Still, there’s nothing quite like the heart-stopping buzz I feel on the other end — when, in the late summer of most years, our heavily loaded car first attains the crest of the tall bridge linking the mainland with Oak Island and the eye drinks in that magnificent panorama of green tidal estuary, honey-colored sand and, off in the distance, the first glimpse of the primordial sea.
North Carolina has by far the longest coastline of any of the original 13 Colonies. Over the years, Homo sapiens has done his damnedest to screw up this precious resource, laying down hundreds of miles of road and putting up thousands of houses on precarious spits of sand where neither really has any business being.
Still, despite all the damage we have inflicted, all the schlocky swimwear stores and fast-fish restaurants, we humans have never quite managed to destroy the magic of a week at the beach. I’m not sure I would want to live there. But, dang, what a nice place to visit.
Oak Island in particular, located south of Wilmington and just around the corner from Southport, seems to be a particularly popular destination for Moore County folks. It certainly is for us. My wife, Brenda, went to a lot of trouble arranging last week’s family get-together as an extended observance of my rather significant birthday.

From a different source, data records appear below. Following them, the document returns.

static WORKED: [Worked; 7] = [
    (
        "torn reading",
        &[
            Opens,
            First(1),
            Enters(1, KICK_OFF),
            Enters(2, OTHER_KICK_OFF),
            First(11),
            Second(1),
            First(12),
            Second(12),
            Ends(0),
        ],
        47,
        [0x2001000000001001, 0x2002000000001001, FRESH],
        &[
            (0, Some(2), Copied(2), Some(2)),
            (0, Some(0), Number(1), Some(1)),
            (1, Some(1), Number(1), Some(2)),
        ],
    ),
    (
        "changed and changed back: the scores are those of the first collect, and the number is another",
        &[
            Enters(1, KICK_OFF),
            Opens,
            First(12),
            Enters(1, GOAL),
            Enters(1, GOAL_DISALLOWED),
            Second(1),
            First(12),
            Second(12),
        ],
        50,
        [0x2001000000001003, FRESH, FRESH],
        &[
            (0, Some(0), Number(1), Some(1)),
            (1, Some(3), Copied(3), None),
            (1, Some(1), Number(2), Some(2)),
            (2, Some(2), Number(3), Some(3)),
        ],
    ),
    (
        "changed back before the reading has come to it, and another match changed between",
        &[
            Enters(1, KICK_OFF),
            Opens,
            First(1),
            Enters(1, GOAL),
            Enters(2, OTHER_KICK_OFF),
            Enters(1, GOAL_DISALLOWED),
            First(11),
            Second(1),
            First(12),
            Second(12),
            Ends(0),
        ],
        55,
        [0x2001000000001003, 0x2002000000001001, FRESH],
        &[
            (0, Some(0), Number(1), Some(1)),
            (1, Some(4), Copied(4), Some(4)),
            (1, Some(1), Number(2), Some(2)),
            (2, Some(2), Number(1), Some(3)),
            (3, Some(3), Number(3), Some(4)),
        ],
    ),
    (
        "four events",
        &[
            Enters(1, THIRD_KICK_OFF),
            Enters(1, THIRD_GOAL),
            Enters(1, THIRD_AWAY_GOAL),
            Enters(1, THIRD_YELLOW),
        ],
        16,
        [FRESH, FRESH, 0x2001000004105004],
        &[
            (0, Some(0), Number(1), Some(1)),
            (1, Some(1), Number(2), Some(2)),
            (2, Some(2), Number(3), Some(3)),
            (3, Some(3), Number(4), Some(4)),
        ],
    ),
    (
        "two exchanges",
        &[
            Enters(1, THIRD_KICK_OFF),
            Enters(1, THIRD_GOAL),
            Enters(1, THIRD_AWAY_GOAL),
            Enters(1, THIRD_YELLOW),
            Looks(1, (3, 4, Goal(Home))),
            Looks(2, (3, 4, Goal(Away))),
            Swaps(1),
            Swaps(2),
        ],
        22,
        [FRESH, FRESH, 0x2001000004109005],
        &[
            (0, Some(0), Number(1), Some(1)),
            (1, Some(1), Number(2), Some(2)),
            (2, Some(2), Number(3), Some(3)),
            (3, Some(3), Number(4), Some(4)),
            (4, Some(4), Number(5), None),
            (4, Some(5), Stale(5), None),
        ],
    ),
    (
        "an unfinished report",
        &[Looks(1, KICK_OFF), Reads(0)],
        28,
        [FRESH; 3],
        &[(0, None, Nothing, None), (0, Some(0), Copied(0), Some(0))],
    ),
    (
        "a late exchange: another was faster, and a whole reading comes between",
        &[
            Looks(1, KICK_OFF),
            Enters(2, KICK_OFF),
            Reads(0),
            Swaps(1),
            Ends(1),
        ],
        34,
        [0x2002000000001001, FRESH, FRESH],
        &[
            (0, Some(1), Stale(1), Some(1)),
            (0, Some(0), Number(1), Some(1)),
            (1, Some(1), Copied(1), Some(1)),
        ],
    ),
];

/// The reporter with this number; the reader if it is 0.
fn caller(number: u8) -> Caller {
    match ReporterNo::new(number) {
        Some(reporter) => Caller::Reporter(reporter),
        None => READER,
    }
}

/// The item, so many times.
fn repeat<T: Copy>(items: &mut Vec<T>, item: T, times: u8) -> Result<(), AllocError> {
    for _ in 0..times {
        items.push(item)?;
    }
    Ok(())
}

/// The call that enters an event: match, expected number and kind.
fn event_of((game, expected, kind): Event) -> Result<Call, Fail> {
    Ok(Call::Event(EventCall {
        game: MatchNo::new(game).ok_or("no such match")?,
        expected,
        kind,
    }))
}

/// Appends the four steps in which a reporter enters an event: it begins, loads the word, exchanges it, and ends.
fn enter(steps: &mut Vec<Step>, by: Caller, event: Event) -> Result<(), Fail> {
    let call = event_of(event)?;
    let all = [
        Step::Begin(by, call),
        Step::Look(by),
        Step::Swap(by),
        Step::End(by),
    ];
    Ok(steps.extend_from_slice(&all)?)
}

/// Appends the 26 steps of a reading that nothing disturbs: its begin, two collects of 12 loads, and its end.
fn read(steps: &mut Vec<Step>, by: Caller) -> Result<(), AllocError> {
    steps.push(Step::Begin(by, Call::Reading))?;
    repeat(steps, Step::First(by), 12)?;
    repeat(steps, Step::Second(by), 12)?;
    Ok(steps.push(Step::End(by))?)
}

/// Appends the steps of a turn, which is what a caller does next in a worked list.
fn play(steps: &mut Vec<Step>, turn: Turn) -> Result<(), Fail> {
    match turn {
        Opens => steps.push(Step::Begin(READER, Call::Reading))?,
        First(times) => repeat(steps, Step::First(READER), times)?,
        Second(times) => repeat(steps, Step::Second(READER), times)?,
        Reads(number) => read(steps, caller(number))?,
        Looks(number, event) => {
            let by = caller(number);
            steps.push(Step::Begin(by, event_of(event)?))?;
            steps.push(Step::Look(by))?;
        }
        Swaps(number) => steps.push(Step::Swap(caller(number)))?,
        Enters(number, event) => enter(steps, caller(number), event)?,
        Ends(number) => steps.push(Step::End(caller(number)))?,
    }
    Ok(())
}

/// The steps of some turns.
fn steps_of(alloc: Global, turns: &[Turn]) -> Result<Vec<Step>, Fail> {
    let mut steps = Vec::new(alloc);
    for turn in turns {
        play(&mut steps, *turn)?;
    }
    Ok(steps)
}

/// The reply of a call for which a listed answer stands; a copied board has these words.
fn reply(answer: Answer, words: &[u64; 12]) -> Option<Reply> {
    match answer {
        Nothing => None,
        Number(number) => Some(Reply::Accepted(Accepted { number })),
        Stale(found) => Some(Reply::Refused(Refusal::Stale { found })),
        Copied(version) => {
            let board = Board::of_words(words).ok()?;
            Some(Reply::Copied(Reading { board, version }))
        }
    }
}

/// The first call of a trace whose outcome is not the listed one. Each call past the last outcome has to have that one too.
fn first_other(trace: &Trace, outcomes: &[Outcome]) -> Option<usize> {
    let last = outcomes.last()?;
    for (place, call) in trace.calls.iter().enumerate() {
        let (begun, point, answer, ended) = *outcomes.get(place).unwrap_or(last);
        let wanted = (begun, point, reply(answer, &trace.words), ended);
        if (call.begun, call.point, call.reply, call.ended) != wanted {
            return Some(place);
        }
    }
    None
}

const TWO_REPORTERS: Cast = Cast {
    reporters: 2,
    readers: 1,
};

/// How many events are accepted among some outcomes.
fn accepted_in(outcomes: &[Outcome]) -> usize {
    outcomes
        .iter()
        .filter(|(_, _, answer, _)| matches!(answer, Number(_)))
        .count()
}

/// The words of a board whose first three matches have these, and on which the others have not begun.
fn words_with([first, second, third]: [u64; 3]) -> [u64; 12] {
    let mut words = [FRESH; 12];
    (words[0], words[1], words[2]) = (first, second, third);
    words
}

/// What a list of steps of two reporters and a reader leads to: the numbers of its steps, calls and events, the words that it leaves, and
/// the first call whose outcome is not the listed one.
type Led = ([usize; 3], [u64; 12], Option<usize>);

/// What these steps lead to, beside these outcomes.
fn led_to(alloc: Global, steps: &[Step], outcomes: &[Outcome]) -> Result<Led, StepFault> {
    let trace = run_steps(alloc, &TWO_REPORTERS, steps)?;
    let lengths = [steps.len(), trace.calls.len(), trace.history.len()];
    Ok((lengths, trace.words, first_other(&trace, outcomes)))
}

/// Each worked list of steps leaves the listed words, its calls have the listed outcomes, and the history has the accepted events.
#[test]
fn worked_lists(rt: HostRuntime) -> Result<(), Fail> {
    for &(name, turns, count, begun, outcomes) in WORKED.as_slice() {
        let steps = steps_of(rt.alloc(), turns)?;
        let led = led_to(rt.alloc(), &steps, outcomes)?;
        let lengths = [count, outcomes.len(), accepted_in(outcomes)];
        assert_eq!(rt; led, (lengths, words_with(begun), None), "{name}");
    }
    Ok(())
}

/// The steps in which reporter 1 looks and never goes on, while reporter 2 enters an event, and it and the reader read again and again.
fn steps_past_a_stopped_reporter(alloc: Global) -> Result<Vec<Step>, Fail> {
    let mut steps = steps_of(alloc, &[Looks(1, KICK_OFF), Enters(2, KICK_OFF), Reads(0)])?;
    for _ in 0..100 {
        read(&mut steps, caller(2))?;
        read(&mut steps, READER)?;
    }
    Ok(steps)
}

/// A reporter that has loaded the word of its match, and never goes on, stops no other caller.
#[test]
fn stopped_reporter(rt: HostRuntime) -> Result<(), Fail> {
    let steps = steps_past_a_stopped_reporter(rt.alloc())?;
    let outcomes = [
        (0, None, Nothing, None),
        (0, Some(0), Number(1), Some(1)),
        (1, Some(1), Copied(1), Some(1)),
    ];
    let ([_, calls, _], words, other) = led_to(rt.alloc(), &steps, &outcomes)?;
    assert_eq!(rt; (words[0], calls, other), (0x2002000000001001, 203, None));
    Ok(())
}

const BOTH_KICKED_OFF: &str = "\
GROUP A v00002 IN PLAY 2
    Club                  P  W  D  L  GF  GA   GD Pts
1   Bravo                 1  0  1  0   0   0   +0   1
2   Delta                 1  0  1  0   0   0   +0   1
3   Alpha                 1  0  1  0   0   0   +0   1
4   Charlie               1  0  1  0   0   0   +0   1
";

/// The copy that the first call of the first worked list makes of the board; nothing if it makes none.
fn first_reading(alloc: Global) -> Result<Option<Reading>, Fail> {
    let steps = steps_of(alloc, WORKED[0].1)?;
    let trace = run_steps(alloc, &TWO_REPORTERS, &steps)?;
    match trace.calls.first().and_then(|call| call.reply) {
        Some(Reply::Copied(reading)) => Ok(Some(reading)),
        _ => Ok(None),
    }
}

/// The screen of a reading that had to try again, since two events came during its first collect, shows both events.
#[test]
fn screen_of_a_reading(rt: HostRuntime) -> Result<(), Fail> {
    let alloc = rt.alloc();
    let reading = first_reading(alloc)?.ok_or("no reading")?;
    let text = screen(alloc, &reading.board, &sample_roster(alloc)?, b'A', Uefa)?;
    assert_eq!(rt; text.as_str(), BOTH_KICKED_OFF);
    Ok(())
}

const ONE_REPORTER: Cast = Cast {
    reporters: 1,
    readers: 1,
};

/// The kind of the event with this expected number, of those with which a match takes as many as it can: a kick-off, a home goal and its
/// disallowing in turn, and full time.
fn kind_at(expected: u16) -> Kind {
    match expected {
        0 => KickOff,
        4094 => FullTime,
        _ if expected % 2 == 1 => Goal(Home),
        _ => Disallow(Home),
    }
}

/// Appends the steps of a try to read, between whose two collects reporter 1 enters an event.
fn fail_a_try(steps: &mut Vec<Step>, (game, expected, kind): Event) -> Result<(), Fail> {
    repeat(steps, Step::First(READER), 12)?;
    enter(steps, caller(1), (game, expected, kind))?;
    Ok(repeat(steps, Step::Second(READER), game)?)
}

At the last minute, it looked as if the whole thing might be spoiled when our long-arranged rental house, located in the second row on the far western end of the island, suddenly became unavailable because of some unspecified problem. But then — bingo! Bad news became good when the rental company put us in a oceanfront house instead — one called Adventures in Paradise II. Yesss!
I mostly kept myself occupied with standard beach adventures: sessions of Frisbee with son Ben, a couple of long bike rides up and down the island with daughter
Kate, and a really fun kayak excursion into the interior wetlands with son Jacob. There were great seafood meals and exhilarating swims in the surf, where unusually powerful waves (spinoffs from distant hurricanes?) sent one tumbling head-over-heels.

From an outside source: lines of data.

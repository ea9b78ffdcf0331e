//! The keys by which a club is sorted.

use std::alloc::{AllocError, Global};
use std::test::Fail;
use ucl_board::Board;
use ucl_order::Profile::{AwayInTie, Uefa};
use ucl_order::{Club, Roster, overall_key, tie_key};

/// A club with this name and coefficient.
fn club(alloc: Global, name: &str, coefficient: u32) -> Result<Club, AllocError> {
    Ok(Club {
        name: Vec::from_slice(alloc, name.as_bytes())?,
        coefficient,
    })
}

/// The roster of the four clubs that the tests use.
pub(crate) fn sample_roster(alloc: Global) -> Result<Roster, Fail> {
    let clubs = [
        club(alloc, "Alpha", 60000)?,
        club(alloc, "Bravo", 95000)?,
        club(alloc, "Charlie", 60000)?,
        club(alloc, "Delta", 81500)?,
    ];
    Ok(Roster::new(clubs)?)
}

/// The keys by which club 1 of a fresh board is sorted, over all matches and head to head, are these numbers. Where away goals count in a
/// tie, they are the lowest eight bits of the latter.
#[test]
fn keys_of_a_fresh_board(rt: HostRuntime) -> Result<(), Fail> {
    let (board, all) = (Board::fresh(), [true; 4]);
    let overall = overall_key(&board, &sample_roster(rt.alloc())?, 1);
    let tie = tie_key(&board, all, 1, Uefa);
    assert_eq!(rt; (overall, tie), (0x5e800000ffc3a983, 193_536));
    assert_eq!(rt; tie_key(&board, all, 1, AwayInTie), 193_536 * 256);
    Ok(())
}
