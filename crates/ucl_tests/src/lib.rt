//! What no clause says of boards, machine and keys, and no program reaches: worked rows, and each call once with ample memory.
#![tactic(auto)]

#[cfg(test)]
mod boards;
#[cfg(test)]
mod keys;
#[cfg(test)]
mod own_board;
#[cfg(test)]
mod steps;
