//! A board of one's own: it is written from what `LiveBoard` asks alone, and hands each call on to another board, of any kind.

use crate::boards::settled_on;
use std::sync::Wait;
use std::test::Fail;
use ucl_board::Reading;
use ucl_pass::{CellBoard, LiveBoard, Strangers, TooManyReporters};
use ucl_word::{Accepted, EventCall, Refusal, ReporterNo};
use ucl_words::WordBoard;

/// A board that hands each call on to another one.
#[derive(Drop)]
struct OwnBoard<B> {
    board: B,
}

impl<B: LiveBoard> LiveBoard for OwnBoard<B> {
    type ReaderPass = B::ReaderPass;

    type ReporterPass = B::ReporterPass;

    ghost is_reader = { λ own. B.is_reader own.board };

    ghost is_reporter = { λ own. B.is_reporter own.board };

    ghost reader = { B.reader };

    ghost reporter = { B.reporter };

    /// Enters the event on the other board.
    fn report<R: Wait>(
        &self,
        rt: &R,
        pass: &mut B::ReporterPass,
        call: &EventCall,
    ) -> Result<Accepted, Refusal> {
        self.board.report(rt, pass, call)
    }

    /// Reads the other board by a reader's pass.
    fn read<R: Wait>(&self, rt: &R, pass: &mut B::ReaderPass) -> Reading {
        self.board.read(rt, pass)
    }

    /// Reads the other board by a reporter's pass.
    fn read_own<R: Wait>(&self, rt: &R, pass: &mut B::ReporterPass) -> Reading {
        self.board.read_own(rt, pass)
    }

    /// Splits a second pass of the other board off a reader's.
    fn split<R: Wait>(&self, rt: &R, pass: &mut B::ReaderPass) -> B::ReaderPass {
        self.board.split(rt, pass)
    }

    /// Enlists a reporter of the other board.
    fn enlist<R: Wait>(
        &self,
        rt: &R,
        pass: B::ReaderPass,
    ) -> Result<B::ReporterPass, TooManyReporters<B::ReaderPass>> {
        self.board.enlist(rt, pass)
    }

    /// Tells the second pass all that the first has seen.
    fn meet<R: Wait>(&self, rt: &R, first: &mut B::ReporterPass, second: &mut B::ReporterPass) {
        self.board.meet(rt, first, second);
    }

    /// Returns the number under which the pass enters events.
    fn number_of(pass: &B::ReporterPass) -> ReporterNo {
        B::number_of(pass)
    }

    /// Returns how many events of the pass were accepted.
    fn accepted_of(pass: &B::ReporterPass) -> u16 {
        B::accepted_of(pass)
    }
}

/// Reporters settle on a board of one's own as on the board behind it, of either kind: a third one has entered an event.
#[test]
fn own_boards(rt: HostRuntime) -> Result<(), Fail> {
    let (board, reader) = CellBoard::open(&rt, rt.alloc())?;
    let in_cell = settled_on(&rt, &OwnBoard { board }, reader, 1);
    let (board, reader) = WordBoard::open(&rt, rt.alloc())?;
    let in_words = settled_on(&rt, &OwnBoard { board }, reader, 1);
    assert_eq!(rt;
        [in_cell, in_words],
        [Some(Err(Strangers { version: 6 })); 2]
    );
    Ok(())
}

Still, the fondest memories — and the best photos — came from several long, quiet seaside walks taken at daybreak, either solo or with our aged dog, Kelci. The beaches were nearly deserted at that hour, especially when the crowds thinned out after the Labor Day holiday.
Though one feels dwarfed by the powers of nature at such times, there is also a heightened awareness of the extreme fragility of this sublime ecosystem where land meets water.
A place like this could be devastated by a rise of a foot in world sea levels. It could be rendered sterile by overfishing. It could be terribly vulnerable to a BP-type oil spill if our state were to rush into big-time offshore drilling.
Our coastline is such a priceless heritage. If we don’t take good care of it, we will — and should — be answerable to heaven itself.